> _Given data_

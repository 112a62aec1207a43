//! Bytes go and come, and what is queued is handed out: all else of a pair is as before.

ghost use Rattle.std.specs.Prelude.{◌≡◌, ◌<◌, ◌≤◌, false, OnOk, OnErr, IsErrOf};
ghost use Rattle.ei_wire.specs.declared.error.ReadError.TheVariants as read_error;
ghost use Rattle.ei_linked.specs.TwoEnds.{other_side, flushed_world, DeliversAt, HasSentFewHandles};
ghost use Rattle.ei_promises.specs.Pair.{with_ends};
ghost use Rattle.ei_pair.specs.Lent.{first_event, without_event, first_request, without_request, first_at};
ghost use Rattle.ei_pair.specs.Lent.{without_first};
ghost use Rattle.ei_pair.specs.Parts.{pair_in};
ghost use Rattle.ei_pair.specs.Stepped.{IsSound};

use crate::parts::Parts;
use crate::server_end::ServerEnd;
use ei_event::EiEvent;
use ei_handler::Call;
use ei_linked::{Ends, Side};
use ei_promises::laws;
use ei_request::EisRequest;
use ei_wire::{NoMemory, ReadError};

impl<H: Call> Parts<H> {
    /// Puts all that waits at the side behind what lies before the other side, or does nothing.
    pub(crate) fn flush(&mut self, side: Side) -> Result<(), NoMemory>
        requires sound { IsSound self.old }
        requires whole { self.old.ends.spent ≡ false }
        ensures ok { OnOk result (pair_in self.new ≡
            with_ends (flushed_world side (pair_in self.old).ends) (pair_in self.old)) }
        ensures err { OnErr result (pair_in self.new ≡ pair_in self.old) }
        ensures sound { IsSound self.new }
    {
        laws::resting::<H>();
        self.ends.flush(side)
    }

    /// Hands what waits for the side to it, at most so many bytes.
    pub(crate) fn deliver(&mut self, side: Side, n: usize) -> Result<usize, ReadError>
        requires some { 0 < n }
        requires most { n ≤ 1536 }
        requires sound { IsSound self.old }
        requires whole { self.old.ends.spent ≡ false }
        ensures delivers { DeliversAt side n result (pair_in self.old).ends (pair_in self.new).ends }
        ensures kept { pair_in self.new ≡ with_ends (pair_in self.new).ends (pair_in self.old) }
        ensures few { HasSentFewHandles (other_side side) (pair_in self.old).ends →
            IsErrOf result read_error.HandleLimit → ⊥ }
        ensures sound { IsSound self.new }
    {
        laws::resting::<H>();
        self.ends.deliver(side, n)
    }

    /// The oldest event that is queued at the client, if there is one.
    pub(crate) fn next_event(&mut self) -> Option<EiEvent>
        requires sound { IsSound self.old }
        ensures first { result ≡ first_event (pair_in self.old).client }
        ensures rest { pair_in self.new ≡ record (pair_in self.old) {
          client = without_event (pair_in self.old).client;
        } }
        ensures sound { IsSound self.new }
    {
        laws::resting::<H>();
        let Some(converter) = &mut self.converter else {
            return None;
        };
        converter.next_event()
    }

    /// The oldest request that is queued at the server, if there is one.
    pub(crate) fn next_request(&mut self) -> Option<EisRequest>
        requires sound { IsSound self.old }
        ensures first { result ≡ first_request (pair_in self.old).server }
        ensures rest { pair_in self.new ≡ record (pair_in self.old) {
          server = without_request (pair_in self.old).server;
        } }
        ensures sound { IsSound self.new }
    {
        laws::resting::<H>();
        next_at(&mut self.ends)
    }
}

/// The same at the server's end of two.
fn next_at(ends: &mut Ends<ServerEnd>) -> Option<EisRequest>
    ensures first { result ≡ first_at ends.old.server.context }
    ensures rest { ends.new ≡ record ends.old {
      server = record ends.old.server {
        context = without_first ends.old.server.context;
      };
    } }
{
    match &mut ends.server.context {
        ServerEnd::Shaking(_) => None,
        ServerEnd::Talking(converter) => converter.next_request(),
    }
}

> _What to do_
Where the string "converter" appears in a line of the entries, count that line, and state the total alone.

> _Your solution_
3